Most container orchestrators can:

- Group hosts together while creating a cluster.
- Schedule containers to run on hosts in the cluster based on resources availability.
- Enable containers in a cluster to communicate with each other regardless of the host they are deployed to in the cluster.
- Bind containers and storage resources.
- Group sets of similar containers and bind them to load-balancing constructs to simplify access to containerized applications by creating an interface, a level of abstraction between the containers and the client.
- Manage and optimize resource usage.
- Allow for implementation of policies to secure access to applications running inside containers.

With all these configurable yet flexible features, container orchestrators are an obvious choice when it comes to managing containerized applications at scale. In this course, we will explore **Kubernetes**, *one of the most in-demand container orchestration tools available today*.


## Where to Deploy Container Orchestrators? 

Most container orchestrators can be deployed on the infrastructure of our choice - on bare metal, Virtual Machines, on-premises, on public and hybrid clouds.

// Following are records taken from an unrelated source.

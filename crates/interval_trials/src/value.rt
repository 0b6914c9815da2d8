// What is printed of a result.
use complex_interval::{Enclosure, Rect};
use exact_fraction::Fraction;
use std::fmt;

#[derive(Clone, Copy, Drop)]
pub enum Value {
    Absent,
    Unread,
    Flag(bool),
    Whole(i128),
    Natural(u128),
    Parts(i128, i128),
    Corners(i64, i64, i64, i64),
}

impl Value {
    pub fn of_end(end: Option<i64>) -> Value {
        end.map_or(Value::Absent, |end| Value::Whole(i128::from(end)))
    }

    pub fn of_whole(whole: Option<i128>) -> Value {
        whole.map_or(Value::Absent, Value::Whole)
    }

    pub fn of_fraction(fraction: Option<Fraction>) -> Value {
        match fraction {
            Some(fraction) => Value::Parts(fraction.num, fraction.den),
            None => Value::Absent,
        }
    }

    pub fn of_interval<E: Enclosure>(interval: Option<E>) -> Value {
        match interval {
            Some(interval) => {
                Value::Parts(i128::from(interval.low()), i128::from(interval.high()))
            }
            None => Value::Absent,
        }
    }

    pub fn of_rectangle<E: Enclosure>(rectangle: Option<Rect<E>>) -> Value {
        match rectangle {
            Some(rectangle) => Value::Corners(
                rectangle.re.low(),
                rectangle.re.high(),
                rectangle.im.low(),
                rectangle.im.high(),
            ),
            None => Value::Absent,
        }
    }
}

impl fmt::Display for Value {
    fn fmt<W: fmt::Write>(&self, f: &mut fmt::Formatter<W>) -> fmt::Result {
        match *self {
            Value::Absent => write!(f, "none"),
            Value::Unread => write!(f, "unread"),
            Value::Flag(flag) => write!(f, "{flag}"),
            Value::Whole(whole) => write!(f, "{whole}"),
            Value::Natural(natural) => write!(f, "{natural}"),
            Value::Parts(first, second) => write!(f, "{first} {second}"),
            Value::Corners(a, b, c, d) => write!(f, "{a} {b} {c} {d}"),
        }
    }
}
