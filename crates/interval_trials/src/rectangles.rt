// Operations on rectangles of the complex plane.
use crate::numbers::Numbers;
use crate::value::Value;
use complex_interval::{Enclosure, Rect};

pub fn value<E: Enclosure>(name: &str, numbers: &Numbers) -> Option<Value> {
    let first: Rect<E> = numbers.rectangle(1)?;
    match name {
        "norm1_hi" => Some(Value::Natural(u128::from(first.norm1_hi()))),
        "low_square" => Some(Value::Natural(first.low_square())),
        "high_square" => Some(Value::Natural(first.high_square())),
        "complex_scale" => Some(Value::of_rectangle(first.scale(numbers.interval(5)?))),
        "complex_add" => Some(Value::of_rectangle(first.add(numbers.rectangle(5)?))),
        "complex_sub" => Some(Value::of_rectangle(first.sub(numbers.rectangle(5)?))),
        "complex_mul" => Some(Value::of_rectangle(first.mul(numbers.rectangle(5)?))),
        "complex_div" => Some(Value::of_rectangle(first.div(numbers.rectangle(5)?))),
        "repeat_div" => repeated_quotient(first, numbers.rectangle(5)?, numbers.word(9)?),
        _ => None,
    }
}

// The quotient, taken count times, each time by a divisor whose real part begins one raw unit higher; and how often there was one.
fn repeated_quotient<E: Enclosure>(first: Rect<E>, second: Rect<E>, count: i64) -> Option<Value> {
    let mut found = 0_u64;
    for step in 0..count {
        let re = E::from_ends(
            second.re.low().checked_add(step)?,
            second.re.high().checked_add(step)?,
        )?;
        let divisor = Rect { re, im: second.im };
        if first.div(divisor).is_some() {
            found = found.saturating_add(1);
        }
    }
    Some(Value::Natural(u128::from(found)))
}
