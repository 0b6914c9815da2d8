// The numbers of a line, at most ten.
ghost use Rattle.std.specs.Prelude.{◌<◌};

use complex_interval::{Enclosure, Rect};
use exact_fraction::Fraction;

#[derive(Clone, Copy)]
pub struct Numbers {
    items: [i128; 10],
}

impl Numbers {
    // The numbers after the first word of a line: 0 for each that is missing or no number.
    pub fn of_line(line: &str) -> Numbers {
        let mut items = [0; 10];
        let mut place = 0;
        for word in line.split(' ').skip(1) {
            if place < 10 {
                items[place] = word.parse().unwrap_or(0);
                place += 1;
            }
        }
        Numbers { items }
    }

    pub fn at(&self, place: usize) -> i128 {
        self.items.get(place).copied().unwrap_or(0)
    }

    pub fn word(&self, place: usize) -> Option<i64> {
        i64::try_from(self.at(place)).ok()
    }

    pub fn small(&self, place: usize) -> Option<u32> {
        u32::try_from(self.at(place)).ok()
    }

    // The interval whose ends stand at a place and after it.
    pub fn interval<E: Enclosure>(&self, place: usize) -> Option<E>
        requires { place < 10 }
    {
        E::from_ends(self.word(place)?, self.word(place + 1)?)
    }

    pub fn rectangle<E: Enclosure>(&self, place: usize) -> Option<Rect<E>>
        requires { place < 8 }
    {
        Some(Rect {
            re: self.interval(place)?,
            im: self.interval(place + 2)?,
        })
    }

    pub fn fraction(&self, place: usize) -> Option<Fraction>
        requires { place < 10 }
    {
        Fraction::new(self.at(place), self.at(place + 1))
    }
}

Kubernetes, for example, can be deployed on a workstation, with or without an isolation layer such as a local hypervisor or container runtime, inside a company's data center, in the cloud on AWS Elastic Compute Cloud (EC2) instances, Google Compute Engine (GCE) VMs, DigitalOcean Droplets, OpenStack, etc.

There are turnkey solutions which allow Kubernetes clusters to be installed, with only a few commands, on top of cloud Infrastructures-as-a-Service, such as GCE, AWS EC2, IBM Cloud, Rancher, VMware Tanzu, and multi-cloud solutions through IBM Cloud Private or StackPointCloud.

Last but not least, there is the managed container orchestration as-a-Service, more specifically the managed Kubernetes as-a-Service solution, offered and hosted by the major cloud providers, such as Amazon Elastic Kubernetes Service (Amazon EKS), Azure Kubernetes Service (AKS), DigitalOcean Kubernetes, Google Kubernetes Engine (GKE), IBM Cloud Kubernetes Service, Oracle Container Engine for Kubernetes, or VMware Tanzu Kubernetes Grid.

# Kubernetes

**Chapter Overview**

In this chapter, we describe Kubernetes, its features, and the reasons why you should use it. We will explore the evolution of Kubernetes from Borg, Google's very own distributed workload manager.

We will also learn about the Cloud Native Computing Foundation (CNCF), which currently hosts the Kubernetes project, along with other popular cloud-native projects, such as Prometheus, Fluentd, cri-o, containerd, Helm, Envoy, and Contour, just to name a few.

**Learning Objectives**

By the end of this chapter, you should be able to:

- Define Kubernetes.
- Explain the reasons for using Kubernetes.
- Discuss the features of Kubernetes.
- Discuss the evolution of Kubernetes from Borg.
- Explain the role of the Cloud Native Computing Foundation.

## What Is Kubernetes?

According to the Kubernetes website,

</br>

<center>*"Kubernetes is an open-source system for automating deployment, scaling, and management of containerized applications".*</center>

</br>

**Kubernetes** comes from the Greek word **κυβερνήτης**, which means helmsman or *ship pilot*. With this analogy in mind, we can think of Kubernetes as the pilot on a ship of containers. 
![kubernetes_logo-3.png](kubernetes_logo.png)

Kubernetes is also referred to as **k8s** (pronounced Kate's), as there are 8 characters between k and s.

Kubernetes is highly inspired by the Google *Borg system*, a container and workload orchestrator for its global operations for more than a decade. It is an open source project written in the *Go language* and licensed under the License, Version 2.0.

Kubernetes was started by Google and, with its v1.0 release in July 2015, Google donated it to the [Cloud Native Computing Foundation (CNCF)](https://www.cncf.io/), one of the largest sub-foundations of the Linux Foundation.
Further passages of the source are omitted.